December 1, 2023. The early morning view from our library. The first snow of the season.
Rumpled heated throws
Thrown across a lazy couch
Our pup lies sleeping
There is something magical in snow, and the first snow of the season is wondrous. It is enchanting. The quotation on my breathing (aka meditation) app yesterday was "Real generosity toward the future lies in giving all to the present," by Albert Camus. There is nothing like waking up to a white-highlighted, Christmas-wreathed, front-yard-still-lighted-because-the-sunlight-hasn't-actually-made-it-through-the-clouds-to-turn-the-yard-light-off, early morning panoramita (our front window) to settle one's soul. It calls out to give all, all our heart and soul, to that present moment.
Add a puppy curled up on the couch and a blinking candle to the scene and Merlin might have conjured it up.
The present moment.
It's the only time we have, and is too often missed, glossed over, taken for granted, and overlooked.
John O'Donohue, in Walking in Wonder, said, "One of the greatest sins is the unlived life, not to allow yourself to become chief executive of the product you call your life, to have a reverence always for the immensity that is inside you." Going even further, the deeply intellectual-experiential author Rebecca Solnit wrote, "To consider earth holy is to connect the lowest and most material to the most high and ethereal, to close the breach between matter and and spirit. It subversively suggests that the whole world might potentially be holy and that the sacred can be underfoot rather than above." She was writing about holy wells in her book about walking.
The material-holy resides concurrently, immediately.
On the first snow day of the year, it seemed simple to connect the immensity inside us to the immensity of the world around us. The next day, with snow melting and intermittent rain, I took my daily walk around the neighborhood. A couple of blocks away, two youngsters were selling baked goods, their mother was the treasurer and their grandmother, I believe she was, was the cheerleader. Three aunts were buying as well, and I promptly asked if they were aunt-eaters, at which they laughed politely. ("Oh, you're one of those....", one remarked.) The kids, who were the bakers in addition to being the sales force, were raising money to give food to families in need. Last year, they made enough to help three families. This year, who knows?
Well... homemade cookies, made by children, to help feed people during this holy season....what are you going to do?
I bought two cookies.
I went on my way, ate the cookies, and on the way back from my walk bought four more. Only two of those made it back for Lana to eat.

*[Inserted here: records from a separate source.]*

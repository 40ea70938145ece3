ghost use Rattle.std.specs.Prelude.{◌≡◌, ◌<◌, ◌≤◌, ◌↔◌, [], ◌∷◌, length, Contains, IfOk, OnErr, OnOk, IsErrOf, bytes_eq, string_bytes};
ghost use Rattle.std.proofs.Common.{rules};
ghost use Rattle.std.specs.Cmp.{partial_equiv_from_equiv};
ghost use Rattle.std.specs.Cmp.Lexicographic.{nat_list_eq_equiv};
ghost use Rattle.std.specs.Cmp.Rules.{hashing};
ghost use Rattle.pgn_base.specs.Texts.{IsPayload};
ghost use Rattle.pgn_base.specs.declared.text.TheConstants.{TEXT_BYTES_IN_PLACE};

use crate::text::has_nul;
use crate::{Copied, PAYLOAD_BYTES_MAX, Text};
use std::alloc::{AllocError, Global};
use std::hash::{Hash, Hasher};
use std::marker::Model;

/// What a notification says: 0 to 7,999 bytes of UTF-8 without a zero byte. Contracts see its bytes.
pub struct Payload {
    text: Text,
}

// Written out, so that this crate proves it once for all that drop one.
impl Drop for Payload {
    fn drop(self) {
        let Payload { text: _ } = self;
    }
}

/// Why a text is no payload, or why it was not kept as one.
#[derive(Clone, Copy)]
pub enum PayloadFault {
    TooLong,
    Nul,
    Memory,
}

impl Model for Payload {
    ghost use Rattle.std.specs.Prelude.{List, ℕ};
    ghost use Rattle.pgn_base.specs.Texts.{IsPayload};

    ghost Value = { List ℕ };

    ghost view = { λ payload. payload.text };

    ghost invariant = { λ payload. IsPayload payload.text };
}

impl Payload {
    /// The payload of this text. The faults are tested in the order of `PayloadFault`. A text of at most 22 bytes takes no memory.
    pub fn new(alloc: Global, text: &str) -> Result<Payload, PayloadFault>
        ensures ok { IfOk result (λ payload. payload ≡ text.now) }
        ensures too_long { IsErrOf result PayloadFault.TooLong
            ↔ (PAYLOAD_BYTES_MAX < length text.now) }
        ensures nul { IsErrOf result PayloadFault.Nul
            ↔ ((length text.now ≤ PAYLOAD_BYTES_MAX) × Contains text.now 0) }
        ensures memory { IsErrOf result PayloadFault.Memory
            → TEXT_BYTES_IN_PLACE < length text.now }
    {
        test(text)?;
        match Text::new(alloc, text) {
            Ok(text) => Ok(Payload { text }),
            Err(AllocError) => Err(PayloadFault::Memory),
        }
    }

    /// The payload of this string, with the faults of `new`. A text of more than 22 bytes keeps the string's memory and is not
    /// copied.
    pub fn from_string(text: String) -> Result<Payload, PayloadFault>
        ensures ok { IfOk result (λ payload. payload ≡ string_bytes text) }
        ensures too_long { IsErrOf result PayloadFault.TooLong
            ↔ (PAYLOAD_BYTES_MAX < length (string_bytes text)) }
        ensures nul { IsErrOf result PayloadFault.Nul
            ↔ ((length (string_bytes text) ≤ PAYLOAD_BYTES_MAX) × Contains (string_bytes text) 0) }
        ensures memory { IsErrOf result PayloadFault.Memory
            → TEXT_BYTES_IN_PLACE < length (string_bytes text) }
    {
        if let Err(fault) = test(text.as_str()) {
            drop(text);
            return Err(fault);
        }
        match Text::from_string(text) {
            Ok(text) => Ok(Payload { text }),
            Err(AllocError) => Err(PayloadFault::Memory),
        }
    }

    /// The payload of a text that is one. It fails for want of memory only, which a text of at most 22 bytes does not take.
    pub fn of_valid(alloc: Global, text: &str) -> Result<Payload, AllocError>
        requires { IsPayload text.now }
        ensures ok { IfOk result (λ payload. payload ≡ text.now) }
        ensures memory { OnErr result (TEXT_BYTES_IN_PLACE < length text.now) }
    {
        let text = Text::new(alloc, text)?;
        Ok(Payload { text })
    }

    /// The payload of a string that is one, whose memory it keeps as `from_string` does. It fails for want of memory only.
    pub fn of_valid_string(text: String) -> Result<Payload, AllocError>
        requires { IsPayload (string_bytes text) }
        ensures ok { IfOk result (λ payload. payload ≡ string_bytes text) }
        ensures memory { OnErr result (TEXT_BYTES_IN_PLACE < length (string_bytes text)) }
    {
        let text = Text::from_string(text)?;
        Ok(Payload { text })
    }

    pub fn as_bytes(&self) -> &[u8]
        ensures value { result.now ≡ self.now }
        ensures valid { IsPayload self.now }
    {
        self.text.as_bytes()
    }
}

// The first fault of a text as a payload, but for want of memory.
fn test(text: &str) -> Result<(), PayloadFault>
    ensures ok { OnOk result (IsPayload text.now) }
    ensures too_long { IsErrOf result PayloadFault.TooLong ↔ (PAYLOAD_BYTES_MAX < length text.now) }
    ensures nul { IsErrOf result PayloadFault.Nul
        ↔ ((length text.now ≤ PAYLOAD_BYTES_MAX) × Contains text.now 0) }
    ensures memory { ¬ IsErrOf result PayloadFault.Memory }
{
    if text.len() > PAYLOAD_BYTES_MAX {
        return Err(PayloadFault::TooLong);
    }
    if has_nul(text.as_bytes()) {
        return Err(PayloadFault::Nul);
    }
    Ok(())
}

impl Copied for Payload {
    fn copy(&self, alloc: Global) -> Result<Self, AllocError> {
        let text = self.text.copy(alloc)?;
        Ok(Payload { text })
    }
}

impl PartialEq for Payload {
    ghost eq = { bytes_eq };

    ghost laws = { partial_equiv_from_equiv nat_list_eq_equiv };

    fn eq(&self, other: &Payload) -> bool {
        self.as_bytes() == other.as_bytes()
    }
}

impl Eq for Payload {
    ghost laws = { nat_list_eq_equiv };
}

impl Hash for Payload {
    ghost hash_input = { λ payload. payload ∷ [] };

    ghost respects_eq = { Prim.search (hashing, rules) };

    fn hash<H: Hasher>(&self, state: &mut H) {
        state.write(self.as_bytes());
    }
}
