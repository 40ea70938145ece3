use crate::{SessionNo, Xid};

/// Why a transaction met a full queue: its number, how many of its notifications were written, the head's page, and the floor:
/// its mark, its page, and the session that holds it, if one does. Pages from the floor's on are still needed, and those below it
/// may be used again. Pages count from 0.
#[derive(Clone, Copy)]
pub struct Full {
    pub xid: Xid,
    pub queued: u32,
    pub head_page: u64,
    pub floor_mark: Xid,
    pub floor_page: u64,
    pub holder: Option<SessionNo>,
}

/// How much of the queue is in use at a transaction number: `occupied` pages of `limit`, from the floor's page up to the head's.
/// Pages from the floor's on are still needed, and those below it may be used again.
#[derive(Clone, Copy)]
pub struct Usage {
    pub at: Xid,
    pub occupied: u64,
    pub limit: u32,
    pub floor_mark: Xid,
    pub holder: Option<SessionNo>,
}

/// Where a listener began: its base, and the point from which on it is delivered to.
#[derive(Clone, Copy)]
pub struct Enlisted {
    pub base: Xid,
    pub point: Xid,
}
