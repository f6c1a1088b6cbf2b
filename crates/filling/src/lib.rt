// What the programs share: reading into a lent buffer, as far as the input and the buffer go, and a word where what they write is not written.
#![tactic(auto)]

ghost use Rattle.std.specs.Prelude.{◌<◌, ◌≤◌, IfOk, IsOk, IsTrue, length, take};
ghost use Rattle.std.specs.Io.KnownBytes.{Consumes, IsAtEnd};
ghost use Rattle.filling.specs.Came.{came};

use std::io;
use std::io::Read;

// Reads until the input ends or the buffer is full: how many bytes came. They stand at the buffer's front. A read that fails is no end: `Err` has how many
// came before it. Where it is known what the input has left, it is these bytes that are taken from it.
pub fn fill<R: Read>(input: &mut R, buffer: &mut [u8]) -> Result<usize, usize>
    ensures within { came result ≤ length buffer.new }
    ensures taken { Consumes (R.remaining input.old) (R.remaining input.new) (take (came result) buffer.new) }
    ensures end { IfOk result (λ n. n < length buffer.new → IsAtEnd (R.remaining input.new)) }
{
    let mut at = 0;
    // It goes on by as many as a read gives, which no range or iterator counts.
    while at < buffer.len() {
        match input.read(&mut buffer[at..]) {
            Err(_) => return Err(at),
            Ok(0) => return Ok(at),
            Ok(more) => at += more,
        }
    }
    Ok(at)
}

// What became of what a program writes. Its status does not tell, so standard error alone can tell that it is not whole.
pub fn tell_unless(rt: &impl Eprint, whole: bool, words: &str) -> io::Result<()>
    ensures { IsTrue whole → IsOk result }
{
    if whole { Ok(()) } else { rt.eprint(words) }
}
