//! The learning system's end of LTI: the messages that start a tool, and the service that takes its grades.
//!
//! LTI 1.1.1, section 3: a tool is started by a signed form that the user's browser posts, and `launch_form` makes it.
//! Section 6: the tool sends outcomes, which `outcome_call` reads and `outcome_answer` answers.
//! Promised: a form is the signed form of its terms, and says exactly their launch to the end that knows the key
//! (`a_launch_form_says_its_launch`); bytes ask exactly what the outcome that they spell asks; and a reply to an accepted
//! outcome is told by its one envelope.
#![tactic(auto)]

mod answers;
mod calls;
mod forms;
mod laws;
#[cfg(test)]
mod outcome_tests;
mod terms;
#[cfg(test)]
mod tests;

pub use answers::outcome_answer;
pub use calls::outcome_call;
pub use forms::launch_form;
pub use laws::a_launch_form_says_its_launch;
pub use terms::Terms;
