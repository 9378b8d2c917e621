// What an outcome request asks of the machine.
ghost use Rattle.std.specs.Prelude.{IfOk, IfErr};
ghost use Rattle.pox_outcomes.specs.BadRequest.{IsBadRequest};
ghost use Rattle.lti_asks.specs.Outcomes.{IsAskedBy, IsOutcomeCall};

use lti_machine::Action;
use lti_outside::NoMemory;
use pox_outcomes::{EnvelopeFault, Operation, Outcome, read_request};
use score_decimal::Score;
use std::alloc::Global;

// What the outcome asks.
fn asked_by(outcome: &Outcome) -> Result<Action, NoMemory>
    ensures { IfOk result (IsAskedBy outcome.now) }
{
    let score = Score::read(outcome.score_text.get());
    let id = outcome.sourced_id.copy()?;
    Ok(match outcome.operation {
        Operation::ReplaceResult => Action::Replace { id, score },
        Operation::ReadResult => Action::Read { id },
        Operation::DeleteResult => Action::Delete { id },
    })
}

/// What the bytes of an outcome request ask of the machine, and the outcome that they spell (LTI 1.1.1, section 6): to set
/// the grade of its sourcedId, to tell it, or to take it away. A score text that `Score::read` refuses is still asked, as a
/// score of `None`, so that the machine can answer it.
///
/// `BadEnvelope` says that the bytes spell no outcome, and how many of them begin one; `NoMemory` says nothing of them.
pub fn outcome_call(alloc: Global, body: &[u8]) -> Result<(Action, Outcome), EnvelopeFault>
    ensures call { IfOk result (λ made. IsOutcomeCall body.now made.1 made.0) }
    ensures bad { IfErr result (IsBadRequest body.now) }
{
    let outcome = read_request(alloc, body)?;
    match asked_by(&outcome) {
        Ok(action) => Ok((action, outcome)),
        Err(NoMemory) => Err(EnvelopeFault::NoMemory),
    }
}
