//! Forms that start a tool, whose signatures were made with Python's hmac.
use super::*;
use lti_launch::{Launch, LaunchField};
use lti_outside::{Pair, Pairs, Text};
use oauth_text::Url;
use std::alloc::Global;
use std::test::Fail;

const URL: &str = "https://tool.example/lti/launch?course=7";

const KIND: (&str, &str) = ("lti_message_type", "basic-lti-launch-request");

const VERSION: (&str, &str) = ("lti_version", "LTI-1p0");

const LINK: (&str, &str) = ("resource_link_id", "429785226");

const KEY: (&str, &str) = ("oauth_consumer_key", "12345");

const METHOD: (&str, &str) = ("oauth_signature_method", "HMAC-SHA1");

const TIME: (&str, &str) = ("oauth_timestamp", "1400000000");

const NONCE: (&str, &str) = ("oauth_nonce", "n 1");

const OAUTH: (&str, &str) = ("oauth_version", "1.0");

const CALLBACK: (&str, &str) = ("oauth_callback", "about:blank");

// The form for this user, place and service.
fn form(alloc: Global, user: &str, sourced_id: &str, service: &str) -> Result<Pairs, Fail> {
    let url = Url::read(alloc, URL)?;
    let terms = Terms {
        link: Text::new(alloc, "429785226")?,
        user: Text::new(alloc, user)?,
        sourced_id: Text::new(alloc, sourced_id)?,
        service: Text::new(alloc, service)?,
    };
    let made = launch_form(alloc, &url, &terms, "12345", "secret", 1_400_000_000, "n 1")?;
    Ok(made)
}

// Whether the pair has this name and this value.
fn is(pair: &Pair, wanted: &(&str, &str)) -> bool {
    pair.name.get() == wanted.0 && pair.value.get() == wanted.1
}

// Whether the pairs are these.
fn are(pairs: &Pairs, wanted: &[(&str, &str)]) -> bool {
    let same = pairs
        .as_slice()
        .iter()
        .zip(wanted)
        .all(|(pair, text)| is(pair, text));
    pairs.len() == wanted.len() && same
}

#[test]
fn a_form_has_the_texts_that_are_given(rt: HostRuntime) -> Result<(), Fail> {
    let alloc = rt.alloc();
    let service = "https://lms.example/lti/outcomes?id=1";
    let whole = form(alloc, "29123", "course-2:quiz 7:29123", service)?;
    let texts = [
        KIND,
        VERSION,
        LINK,
        ("user_id", "29123"),
        ("lis_result_sourcedid", "course-2:quiz 7:29123"),
        ("lis_outcome_service_url", service),
        KEY,
        METHOD,
        TIME,
        NONCE,
        OAUTH,
        CALLBACK,
        ("oauth_signature", "5SuAzqgOBHi32DBnqQMf8XyqeJ0="),
    ];
    assert!(rt; are(&whole, &texts));
    let bare = form(alloc, "", "", "")?;
    let texts = [
        KIND,
        VERSION,
        LINK,
        KEY,
        METHOD,
        TIME,
        NONCE,
        OAUTH,
        CALLBACK,
        ("oauth_signature", "a/EET54LSNLgI/52tQvyv9VN/Oo="),
    ];
    assert!(rt; are(&bare, &texts));
    Ok(())
}

#[test]
fn a_form_is_read_as_its_launch(rt: HostRuntime) -> Result<(), Fail> {
    let alloc = rt.alloc();
    let launch = Launch::read(alloc, &form(alloc, "", "course-2:quiz 7:29123", "")?)?;
    assert_eq!(rt; launch.get(LaunchField::ResourceLinkId), Some("429785226"));
    assert_eq!(rt; launch.get(LaunchField::UserId), None);
    assert_eq!(rt;
        launch.get(LaunchField::LisResultSourcedid),
        Some("course-2:quiz 7:29123")
    );
    assert_eq!(rt; launch.get(LaunchField::LisOutcomeServiceUrl), None);
    assert_eq!(rt; launch.rest().len(), 0);
    Ok(())
}
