// Forms that start a tool.
ghost use Rattle.std.specs.Prelude.{◌≡◌, ◌≤◌, ◌∷◌, ◌++◌, [], length, IfOk, OnOk};
ghost use Rattle.oauth_text.specs.UrlView.{parts_of};
ghost use Rattle.oauth_request.specs.Signing.{CanSign, IsSignedForm};
ghost use Rattle.lti_launch.specs.Fields.{name_of};
ghost use Rattle.lti_asks.specs.Launches.{IsLaunchCall};
ghost use Rattle.lti_consumer.specs.Launches as spec;

use crate::Terms;
use lti_launch::LaunchField;
use lti_outside::{NoMemory, Pair, Pairs, Text};
use oauth_request::sign_form;
use oauth_text::Url;
use std::alloc::Global;

// Appends a parameter.
fn push(fields: &mut Pairs, alloc: Global, field: LaunchField, value: &str) -> Result<(), NoMemory>
    ensures { OnOk result (fields.new ≡ fields.old ++ (record { name = name_of field; value = value.now }) ∷ []) }
{
    fields.push(Pair {
        name: Text::new(alloc, field.name())?,
        value: Text::new(alloc, value)?,
    })
}

// Appends a parameter, unless its text is empty.
fn push_given(
    fields: &mut Pairs,
    alloc: Global,
    field: LaunchField,
    text: &str,
) -> Result<(), NoMemory>
    ensures { OnOk result (fields.new ≡ fields.old ++ spec.given field text.now) }
{
    if text.is_empty() {
        return Ok(());
    }
    push(fields, alloc, field, text)
}

// The parameters of a launch with these terms.
#[tactic(auto, unfolding(crate::specs::Launches::launch_fields, lti_launch::specs::Faults::launch_type, lti_launch::specs::Faults::launch_version))]
fn launch_fields(alloc: Global, terms: &Terms) -> Result<Pairs, NoMemory>
    ensures { IfOk result (λ fields. fields ≡ spec.launch_fields terms.now) }
{
    let mut fields = Pairs::new(alloc);
    push(
        &mut fields,
        alloc,
        LaunchField::LtiMessageType,
        "basic-lti-launch-request",
    )?;
    push(&mut fields, alloc, LaunchField::LtiVersion, "LTI-1p0")?;
    push(
        &mut fields,
        alloc,
        LaunchField::ResourceLinkId,
        terms.link.get(),
    )?;
    push_given(&mut fields, alloc, LaunchField::UserId, terms.user.get())?;
    push_given(
        &mut fields,
        alloc,
        LaunchField::LisResultSourcedid,
        terms.sourced_id.get(),
    )?;
    push_given(
        &mut fields,
        alloc,
        LaunchField::LisOutcomeServiceUrl,
        terms.service.get(),
    )?;
    Ok(fields)
}

/// The pairs of the signed form that starts a tool at the URL (LTI 1.1.1, sections 3 and 4.2): the message type, the
/// version, the resource link, and of the user, the place of the grade and its service those that the terms have, in the
/// standard's order; then the parameters of the protocol and the signature, as `sign_form` has them. `moment` is in seconds
/// since 1970-01-01 00:00:00 UTC.
///
/// What the other end reads in it is said by `a_launch_form_says_its_launch`.
pub fn launch_form(
    alloc: Global,
    url: &Url,
    terms: &Terms,
    key: &str,
    secret: &str,
    moment: u64,
    nonce: &str,
) -> Result<Pairs, NoMemory>
    requires link { 1 ≤ length terms.now.link }
    requires signer { CanSign key.now moment nonce.now }
    ensures signed { IfOk result (IsSignedForm (parts_of url.now) (spec.launch_fields terms.now) key.now secret.now moment nonce.now) }
    ensures launch { IfOk result (λ form. IsLaunchCall form (spec.noted_launch terms.now)) }
{
    let fields = launch_fields(alloc, terms)?;
    let form = sign_form(alloc, url, &fields, key, secret, moment, nonce)?;
    Ok(form)
}
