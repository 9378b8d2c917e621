//! What outcome requests ask of the machine, and the envelopes that tell its replies.
ghost use Rattle.std.specs.Prelude.{◌≡◌};
ghost use Rattle.pox_outcomes.specs.declared.told.Told.{Told};
ghost use Rattle.lti_asks.specs.Outcomes.{IsTold};
ghost use Rattle.lti_asks.specs.Outcomes as spec;

use super::*;
use lti_asks::{accepted_is_told, one_telling};
use lti_machine::{Action, Reply, Standing};
use lti_outside::{Bytes, NoMemory};
use pox_outcomes::{EnvelopeFault, Operation, Outcome, answer_room};
use score_decimal::Score;
use std::alloc::Global;
use std::test::Fail;

const ONE: u128 = 1_000_000_000_000_000_000_000_000_000_000;

// A request of message 999999123 round the element of its body.
const REQUEST: &str =
    "<?xml version=\"1.0\" encoding=\"UTF-8\"?><imsx_POXEnvelopeRequest xmlns=\"http://www.imsglobal.org/services/ltiv1p1/xsd/imsoms_v1p0\"><imsx_POXHeader><imsx_POXRequestHeaderInfo><imsx_version>V1.0</imsx_version><imsx_messageIdentifier>999999123</imsx_messageIdentifier></imsx_POXRequestHeaderInfo></imsx_POXHeader><imsx_POXBody>";

const REQUEST_END: &str = "</imsx_POXBody></imsx_POXEnvelopeRequest>";

// A replace of the result 3124567 round the text of its score.
const REPLACE: &str =
    "<replaceResultRequest><resultRecord><sourcedGUID><sourcedId>3124567</sourcedId></sourcedGUID><result><resultScore><language>en</language><textString>";

const REPLACE_END: &str =
    "</textString></resultScore></result></resultRecord></replaceResultRequest>";

const READ: &str =
    "<readResultRequest><resultRecord><sourcedGUID><sourcedId>3124567</sourcedId></sourcedGUID></resultRecord></readResultRequest>";

const DELETE: &str =
    "<deleteResultRequest><resultRecord><sourcedGUID><sourcedId>3124567</sourcedId></sourcedGUID></resultRecord></deleteResultRequest>";

// The texts one after another.
fn joined(alloc: Global, texts: &[&str]) -> Result<Bytes, NoMemory> {
    let mut bytes = Bytes::new(alloc);
    for text in texts {
        bytes.push(text.as_bytes())?;
    }
    Ok(bytes)
}

// The score that a replace with this text asks for, in units of 10^-30.
fn score_asked(alloc: Global, text: &str) -> Result<Option<u128>, Fail> {
    let body = joined(alloc, &[REQUEST, REPLACE, text, REPLACE_END, REQUEST_END])?;
    let (action, outcome) = outcome_call(alloc, body.get())?;
    if outcome.message.get() != "999999123" || outcome.operation != Operation::ReplaceResult {
        return Err("another outcome".into());
    }
    let Action::Replace { id, score } = &action else {
        return Err("another action".into());
    };
    if id.get() != "3124567" {
        return Err("another id".into());
    }
    match score {
        Some(score) => Ok(Some(score.parts())),
        None => Ok(None),
    }
}

#[test]
fn a_replace_asks_for_the_score_of_its_text(rt: HostRuntime) -> Result<(), Fail> {
    let texts = [
        ("0.92", Some(92 * (ONE / 100))),
        ("1.0", Some(ONE)),
        ("0.920", Some(92 * (ONE / 100))),
        (".5", Some(ONE / 2)),
        ("1.", Some(ONE)),
        ("1.0000001", None),
        ("-0", None),
        ("1e-2", None),
        ("", None),
        ("0.0000000000000000000000000000001", None),
    ];
    for (text, score) in texts {
        assert_eq!(rt; score_asked(rt.alloc(), text)?, score, "for {text}");
    }
    Ok(())
}

#[test]
fn a_read_and_a_delete_ask_for_their_id(rt: HostRuntime) -> Result<(), Fail> {
    let alloc = rt.alloc();
    let body = joined(alloc, &[REQUEST, READ, REQUEST_END])?;
    let (read, outcome) = outcome_call(alloc, body.get())?;
    assert!(rt; matches!(&read, Action::Read { id } if id.get() == "3124567"));
    assert!(rt; outcome.operation == Operation::ReadResult);
    let body = joined(alloc, &[REQUEST, DELETE, REQUEST_END])?;
    let (delete, outcome) = outcome_call(alloc, body.get())?;
    assert!(rt; matches!(&delete, Action::Delete { id } if id.get() == "3124567"));
    assert!(rt; outcome.operation == Operation::DeleteResult);
    Ok(())
}

#[test]
fn bytes_that_are_no_envelope_are_refused(rt: HostRuntime) {
    let fault = match outcome_call(rt.alloc(), b"<imsx_POXEnvelopeRequest>") {
        Ok(_) => None,
        Err(fault) => Some(fault),
    };
    assert_eq!(rt; fault, Some(EnvelopeFault::BadEnvelope { at: 24 }));
}

// Whether the reply is one that an accepted outcome has.
fn is_of_outcomes(reply: &Reply) -> bool
    ensures { result ≡ spec.is_of_outcomes reply.now }
{
    matches!(
        reply,
        Reply::Graded
            | Reply::GradeRead { .. }
            | Reply::Deleted
            | Reply::UnknownId
            | Reply::BadScore
    )
}

// The answer that tells the reply to the outcome.
fn told(alloc: Global, outcome: &Outcome, reply: Reply) -> Result<Bytes, Fail>
    requires { (told : Told) × IsTold outcome.now reply told }
{
    let room = answer_room(outcome);
    if room > 4096 {
        return Err("a long answer".into());
    }
    let mut out = Bytes::new(alloc);
    out.reserve(room)?;
    outcome_answer(outcome, reply, &mut out);
    Ok(out)
}

// The answer to a request with this element, where its id stands so.
fn answer(alloc: Global, element: &[&str; 3], standing: Standing) -> Result<Bytes, Fail> {
    let [before, text, behind] = element;
    let body = joined(alloc, &[REQUEST, before, text, behind, REQUEST_END])?;
    let (action, outcome) = outcome_call(alloc, body.get())?;
    let reply = action.result(standing);
    if !is_of_outcomes(&reply) {
        return Err("no reply to an outcome".into());
    }
    accepted_is_told();
    told(alloc, &outcome, reply)
}

// Whether the bytes are the answer to message 999999123 with these texts: the major code, the severity, the description,
// the operation, and what the body holds.
fn is_answer(alloc: Global, bytes: &Bytes, texts: &[&str; 5]) -> Result<bool, Fail> {
    let [major, severity, description, operation, response] = texts;
    let wanted = joined(
        alloc,
        &[
            "<?xml version=\"1.0\" encoding=\"UTF-8\"?><imsx_POXEnvelopeResponse xmlns=\"http://www.imsglobal.org/services/ltiv1p1/xsd/imsoms_v1p0\"><imsx_POXHeader><imsx_POXResponseHeaderInfo><imsx_version>V1.0</imsx_version><imsx_messageIdentifier>999999123</imsx_messageIdentifier><imsx_statusInfo><imsx_codeMajor>",
            major,
            "</imsx_codeMajor><imsx_severity>",
            severity,
            "</imsx_severity><imsx_description>",
            description,
            "</imsx_description><imsx_messageRefIdentifier>999999123</imsx_messageRefIdentifier><imsx_operationRefIdentifier>",
            operation,
            "</imsx_operationRefIdentifier></imsx_statusInfo></imsx_POXResponseHeaderInfo></imsx_POXHeader><imsx_POXBody>",
            response,
            "</imsx_POXBody></imsx_POXEnvelopeResponse>",
        ],
    )?;
    Ok(bytes.get() == wanted.get())
}

const UNKNOWN: &str = "Unknown sourcedId 3124567";

#[test]
fn replies_to_a_replace_are_told(rt: HostRuntime) -> Result<(), Fail> {
    let alloc = rt.alloc();
    let graded = "Score for 3124567 is now 0.92";
    let bad = "Score for 3124567 is no number from 0 to 1";
    let cases = [
        ("0.920", Standing::Empty, ["success", "status", graded]),
        ("1.0000001", Standing::Empty, ["failure", "error", bad]),
        ("0.920", Standing::Unknown, ["failure", "error", UNKNOWN]),
        (
            "1.0000001",
            Standing::Unknown,
            ["failure", "error", UNKNOWN],
        ),
    ];
    for (text, standing, [major, severity, description]) in cases {
        let answer = answer(alloc, &[REPLACE, text, REPLACE_END], standing)?;
        let texts = [
            major,
            severity,
            description,
            "replaceResult",
            "<replaceResultResponse/>",
        ];
        assert!(rt; is_answer(alloc, &answer, &texts)?, "for {text}");
    }
    Ok(())
}

#[test]
fn replies_to_a_read_are_told(rt: HostRuntime) -> Result<(), Fail> {
    let alloc = rt.alloc();
    let Some(score) = Score::read(".920") else {
        return Err("no score".into());
    };
    let scored =
        "<readResultResponse><result><resultScore><language>en</language><textString>0.92</textString></resultScore></result></readResultResponse>";
    let empty =
        "<readResultResponse><result><resultScore><language>en</language><textString></textString></resultScore></result></readResultResponse>";
    let cases = [
        (
            Standing::Scored(score),
            ["success", "status", "Score for 3124567 is 0.92", scored],
        ),
        (
            Standing::Empty,
            ["success", "status", "No score for 3124567", empty],
        ),
        (
            Standing::Unknown,
            ["failure", "error", UNKNOWN, "<readResultResponse/>"],
        ),
    ];
    for (standing, [major, severity, description, response]) in cases {
        let answer = answer(alloc, &[READ, "", ""], standing)?;
        let texts = [major, severity, description, "readResult", response];
        assert!(rt; is_answer(alloc, &answer, &texts)?, "for {description}");
    }
    Ok(())
}

#[test]
fn replies_to_a_delete_are_told(rt: HostRuntime) -> Result<(), Fail> {
    let alloc = rt.alloc();
    let deleted = "Score for 3124567 is deleted";
    let cases = [
        (Standing::Empty, ["success", "status", deleted]),
        (Standing::Unknown, ["failure", "error", UNKNOWN]),
    ];
    for (standing, [major, severity, description]) in cases {
        let answer = answer(alloc, &[DELETE, "", ""], standing)?;
        let texts = [
            major,
            severity,
            description,
            "deleteResult",
            "<deleteResultResponse/>",
        ];
        assert!(rt; is_answer(alloc, &answer, &texts)?, "for {description}");
    }
    one_telling();
    Ok(())
}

There is a bit of magic in this, would you agree? Or, to put it in a different context, some kind of holy spirit. Kids, families, puppies, snow, neighborhood, rain, and to complete the Thomas Kinkade-ish moving scene, generosity personified and, for me, deep gratitude.
The confluence of the material and the spiritual, our interiority and the world around us, resides in the vastness and intimacy of the present moment. Every one of them. We miss too many of them.
I wonder if the kids will be out selling cookies again today.
Sources/Resources
O'Donohue, J., & Quinn, J. (2018). Walking in wonder: eternal wisdom for a modern world. Penguin Random House.
Solnit, R. (2000).
Wanderlust: a history of walking. Viking.
December 2, 2023. Taking a walk around the neighborhood on a snowy-rainy day.